WHAT NEEDS TO BE DONE: From the data below, copy each line that includes the word "Model".

INFORMATION:

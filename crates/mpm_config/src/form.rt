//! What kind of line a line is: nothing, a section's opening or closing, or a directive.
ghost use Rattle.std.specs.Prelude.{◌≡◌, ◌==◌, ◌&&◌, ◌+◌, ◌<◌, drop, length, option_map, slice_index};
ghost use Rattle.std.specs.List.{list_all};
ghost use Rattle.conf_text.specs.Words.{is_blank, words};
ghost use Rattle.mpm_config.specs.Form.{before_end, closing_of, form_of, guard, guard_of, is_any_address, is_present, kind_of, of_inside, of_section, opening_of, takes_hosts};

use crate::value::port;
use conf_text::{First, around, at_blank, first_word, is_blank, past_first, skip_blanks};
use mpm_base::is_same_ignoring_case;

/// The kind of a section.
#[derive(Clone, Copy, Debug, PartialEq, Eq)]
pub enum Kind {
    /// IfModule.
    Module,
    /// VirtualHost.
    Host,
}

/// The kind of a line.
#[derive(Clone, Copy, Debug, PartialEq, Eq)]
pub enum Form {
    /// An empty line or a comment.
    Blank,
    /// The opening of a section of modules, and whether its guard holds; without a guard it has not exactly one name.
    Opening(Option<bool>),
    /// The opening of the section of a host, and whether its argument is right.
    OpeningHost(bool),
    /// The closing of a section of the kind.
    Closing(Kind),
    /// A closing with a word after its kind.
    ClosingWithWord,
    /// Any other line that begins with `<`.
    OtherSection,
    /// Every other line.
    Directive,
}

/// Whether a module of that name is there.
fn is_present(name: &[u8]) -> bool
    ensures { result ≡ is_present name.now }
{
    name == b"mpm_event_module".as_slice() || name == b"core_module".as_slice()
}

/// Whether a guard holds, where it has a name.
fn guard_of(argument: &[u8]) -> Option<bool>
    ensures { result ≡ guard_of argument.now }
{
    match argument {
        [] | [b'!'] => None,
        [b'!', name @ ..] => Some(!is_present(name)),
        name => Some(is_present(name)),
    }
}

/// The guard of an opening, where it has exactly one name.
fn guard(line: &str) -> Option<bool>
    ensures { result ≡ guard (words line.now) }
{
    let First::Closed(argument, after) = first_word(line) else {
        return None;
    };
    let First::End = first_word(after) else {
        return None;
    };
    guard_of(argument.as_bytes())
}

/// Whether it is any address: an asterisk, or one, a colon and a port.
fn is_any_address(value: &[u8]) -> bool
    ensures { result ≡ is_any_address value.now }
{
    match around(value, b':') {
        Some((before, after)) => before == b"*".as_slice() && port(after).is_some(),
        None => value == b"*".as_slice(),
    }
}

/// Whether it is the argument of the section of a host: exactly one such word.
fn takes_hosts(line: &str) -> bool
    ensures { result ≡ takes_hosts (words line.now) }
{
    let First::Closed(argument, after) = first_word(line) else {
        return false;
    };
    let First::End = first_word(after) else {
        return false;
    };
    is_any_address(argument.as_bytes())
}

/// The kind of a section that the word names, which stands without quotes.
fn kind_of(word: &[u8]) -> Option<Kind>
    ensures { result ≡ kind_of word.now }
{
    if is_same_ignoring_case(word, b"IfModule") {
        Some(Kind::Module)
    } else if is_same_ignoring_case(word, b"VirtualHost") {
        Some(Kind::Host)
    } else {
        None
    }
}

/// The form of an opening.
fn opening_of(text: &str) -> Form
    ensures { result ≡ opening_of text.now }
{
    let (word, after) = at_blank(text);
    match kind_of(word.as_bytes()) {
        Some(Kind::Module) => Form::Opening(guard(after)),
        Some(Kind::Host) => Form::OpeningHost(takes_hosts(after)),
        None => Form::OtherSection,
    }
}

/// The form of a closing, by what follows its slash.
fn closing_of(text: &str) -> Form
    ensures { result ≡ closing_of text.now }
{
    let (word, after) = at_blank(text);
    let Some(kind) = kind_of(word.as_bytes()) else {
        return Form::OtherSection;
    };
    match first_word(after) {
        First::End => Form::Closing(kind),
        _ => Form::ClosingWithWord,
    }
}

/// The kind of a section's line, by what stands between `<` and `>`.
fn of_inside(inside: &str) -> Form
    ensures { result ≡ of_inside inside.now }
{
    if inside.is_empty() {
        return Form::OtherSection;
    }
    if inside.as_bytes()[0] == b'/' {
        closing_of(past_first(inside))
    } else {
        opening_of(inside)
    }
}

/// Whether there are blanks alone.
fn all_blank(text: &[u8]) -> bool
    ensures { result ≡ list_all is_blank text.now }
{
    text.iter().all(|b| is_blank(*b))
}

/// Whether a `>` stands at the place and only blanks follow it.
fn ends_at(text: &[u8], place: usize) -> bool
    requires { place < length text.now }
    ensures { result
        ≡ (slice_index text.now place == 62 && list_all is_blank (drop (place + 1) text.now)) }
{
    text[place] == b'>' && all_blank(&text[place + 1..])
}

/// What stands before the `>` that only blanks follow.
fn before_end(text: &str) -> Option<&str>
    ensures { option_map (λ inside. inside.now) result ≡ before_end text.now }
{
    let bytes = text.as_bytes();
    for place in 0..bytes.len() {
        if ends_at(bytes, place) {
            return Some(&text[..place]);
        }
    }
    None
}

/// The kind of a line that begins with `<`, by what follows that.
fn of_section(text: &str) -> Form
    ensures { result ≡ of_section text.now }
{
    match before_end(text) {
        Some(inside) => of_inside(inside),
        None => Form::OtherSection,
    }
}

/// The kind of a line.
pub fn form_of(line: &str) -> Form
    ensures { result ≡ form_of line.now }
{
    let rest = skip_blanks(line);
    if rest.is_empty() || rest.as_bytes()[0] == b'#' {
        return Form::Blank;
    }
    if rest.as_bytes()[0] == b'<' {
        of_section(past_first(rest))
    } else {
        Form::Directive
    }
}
* * *
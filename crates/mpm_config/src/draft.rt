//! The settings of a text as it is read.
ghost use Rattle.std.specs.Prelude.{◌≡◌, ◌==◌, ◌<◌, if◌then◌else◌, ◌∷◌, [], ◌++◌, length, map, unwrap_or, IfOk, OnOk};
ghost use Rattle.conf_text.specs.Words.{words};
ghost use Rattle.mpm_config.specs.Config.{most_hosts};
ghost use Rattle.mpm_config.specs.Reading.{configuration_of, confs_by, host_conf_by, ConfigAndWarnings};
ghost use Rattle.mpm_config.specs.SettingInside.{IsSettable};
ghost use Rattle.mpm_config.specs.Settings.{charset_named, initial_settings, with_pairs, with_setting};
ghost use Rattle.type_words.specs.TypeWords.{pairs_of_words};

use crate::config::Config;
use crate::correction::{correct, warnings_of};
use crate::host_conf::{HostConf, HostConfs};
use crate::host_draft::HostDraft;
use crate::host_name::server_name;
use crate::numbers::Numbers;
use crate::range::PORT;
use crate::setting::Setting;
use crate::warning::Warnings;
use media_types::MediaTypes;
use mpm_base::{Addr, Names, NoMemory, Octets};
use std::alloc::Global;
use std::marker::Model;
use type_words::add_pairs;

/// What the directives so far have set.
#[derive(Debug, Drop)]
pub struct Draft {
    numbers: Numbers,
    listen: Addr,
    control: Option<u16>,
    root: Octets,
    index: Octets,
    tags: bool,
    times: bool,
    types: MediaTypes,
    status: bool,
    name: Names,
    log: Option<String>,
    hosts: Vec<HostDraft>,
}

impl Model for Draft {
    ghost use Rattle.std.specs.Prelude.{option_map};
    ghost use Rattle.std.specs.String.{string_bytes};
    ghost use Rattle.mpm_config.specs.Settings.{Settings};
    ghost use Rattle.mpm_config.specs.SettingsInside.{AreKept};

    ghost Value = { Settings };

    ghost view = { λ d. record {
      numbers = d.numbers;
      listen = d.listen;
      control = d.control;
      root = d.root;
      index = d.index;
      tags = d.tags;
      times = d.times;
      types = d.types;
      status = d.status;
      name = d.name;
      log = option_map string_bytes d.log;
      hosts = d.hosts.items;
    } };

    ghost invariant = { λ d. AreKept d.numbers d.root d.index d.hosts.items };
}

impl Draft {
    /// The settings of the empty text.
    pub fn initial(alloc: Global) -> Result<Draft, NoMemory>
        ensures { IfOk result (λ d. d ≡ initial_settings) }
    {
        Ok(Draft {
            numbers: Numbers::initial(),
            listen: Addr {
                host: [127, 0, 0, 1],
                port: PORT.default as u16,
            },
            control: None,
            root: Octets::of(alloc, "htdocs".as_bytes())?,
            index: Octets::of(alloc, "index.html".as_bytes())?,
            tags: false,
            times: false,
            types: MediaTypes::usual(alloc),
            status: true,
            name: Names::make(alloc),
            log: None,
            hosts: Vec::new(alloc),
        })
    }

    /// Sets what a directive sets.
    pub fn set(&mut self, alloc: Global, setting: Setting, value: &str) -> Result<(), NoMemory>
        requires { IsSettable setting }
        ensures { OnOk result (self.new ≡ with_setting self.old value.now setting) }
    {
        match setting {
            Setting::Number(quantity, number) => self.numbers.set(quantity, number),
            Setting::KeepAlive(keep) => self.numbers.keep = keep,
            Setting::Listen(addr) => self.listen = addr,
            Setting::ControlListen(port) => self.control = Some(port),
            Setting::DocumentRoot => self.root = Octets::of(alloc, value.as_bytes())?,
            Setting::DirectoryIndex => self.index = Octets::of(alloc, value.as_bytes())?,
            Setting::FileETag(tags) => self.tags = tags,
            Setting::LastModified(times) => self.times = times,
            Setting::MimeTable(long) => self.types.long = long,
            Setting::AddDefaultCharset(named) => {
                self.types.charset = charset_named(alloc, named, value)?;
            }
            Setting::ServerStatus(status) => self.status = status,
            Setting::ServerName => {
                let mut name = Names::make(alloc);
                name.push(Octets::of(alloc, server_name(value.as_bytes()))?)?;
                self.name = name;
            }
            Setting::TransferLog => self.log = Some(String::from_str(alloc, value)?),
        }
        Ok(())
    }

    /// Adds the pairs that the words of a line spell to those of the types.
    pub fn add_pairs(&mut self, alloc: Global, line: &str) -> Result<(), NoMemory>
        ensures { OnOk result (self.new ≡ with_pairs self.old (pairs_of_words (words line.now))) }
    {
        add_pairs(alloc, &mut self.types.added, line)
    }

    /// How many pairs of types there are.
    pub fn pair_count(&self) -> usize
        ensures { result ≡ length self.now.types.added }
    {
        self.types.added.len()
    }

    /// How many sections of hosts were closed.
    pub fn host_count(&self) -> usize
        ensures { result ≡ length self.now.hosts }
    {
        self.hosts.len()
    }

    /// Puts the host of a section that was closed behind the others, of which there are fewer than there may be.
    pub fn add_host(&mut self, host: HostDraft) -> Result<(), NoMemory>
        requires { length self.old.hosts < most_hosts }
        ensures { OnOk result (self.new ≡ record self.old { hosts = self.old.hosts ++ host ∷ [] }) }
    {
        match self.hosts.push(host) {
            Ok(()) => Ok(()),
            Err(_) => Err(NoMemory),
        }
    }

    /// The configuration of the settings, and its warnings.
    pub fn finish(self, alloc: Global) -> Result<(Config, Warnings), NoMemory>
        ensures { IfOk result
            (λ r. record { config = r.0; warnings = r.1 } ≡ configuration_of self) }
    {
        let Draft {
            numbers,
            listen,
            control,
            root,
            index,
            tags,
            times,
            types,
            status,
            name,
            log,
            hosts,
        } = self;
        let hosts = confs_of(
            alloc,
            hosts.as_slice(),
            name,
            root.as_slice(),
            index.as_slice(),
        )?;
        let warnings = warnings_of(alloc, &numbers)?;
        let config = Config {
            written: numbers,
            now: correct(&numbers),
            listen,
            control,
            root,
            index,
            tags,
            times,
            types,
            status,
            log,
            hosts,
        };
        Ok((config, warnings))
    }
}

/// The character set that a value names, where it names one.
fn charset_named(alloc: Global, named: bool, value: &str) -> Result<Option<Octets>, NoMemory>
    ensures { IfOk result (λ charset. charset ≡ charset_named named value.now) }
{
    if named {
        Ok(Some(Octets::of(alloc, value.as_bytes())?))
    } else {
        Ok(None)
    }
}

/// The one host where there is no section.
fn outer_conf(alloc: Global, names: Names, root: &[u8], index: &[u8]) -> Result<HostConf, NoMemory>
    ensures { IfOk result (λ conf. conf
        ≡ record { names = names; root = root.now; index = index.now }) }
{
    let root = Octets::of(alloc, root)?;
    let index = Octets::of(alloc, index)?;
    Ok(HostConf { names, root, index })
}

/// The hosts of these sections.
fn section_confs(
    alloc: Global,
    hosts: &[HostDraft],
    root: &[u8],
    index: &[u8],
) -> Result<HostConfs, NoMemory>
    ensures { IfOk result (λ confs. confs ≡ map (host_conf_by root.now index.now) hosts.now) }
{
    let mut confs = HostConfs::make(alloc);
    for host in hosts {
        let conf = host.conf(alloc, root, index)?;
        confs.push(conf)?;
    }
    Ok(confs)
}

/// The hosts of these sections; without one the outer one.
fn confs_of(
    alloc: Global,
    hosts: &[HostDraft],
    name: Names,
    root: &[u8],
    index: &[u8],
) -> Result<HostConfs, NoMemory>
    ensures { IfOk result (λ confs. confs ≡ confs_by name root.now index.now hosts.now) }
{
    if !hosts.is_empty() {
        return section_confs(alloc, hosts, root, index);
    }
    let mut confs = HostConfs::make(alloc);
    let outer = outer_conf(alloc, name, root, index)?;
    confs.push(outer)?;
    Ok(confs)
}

ANSWER BELOW:
use std::marker::Model;
impl Model for Draft {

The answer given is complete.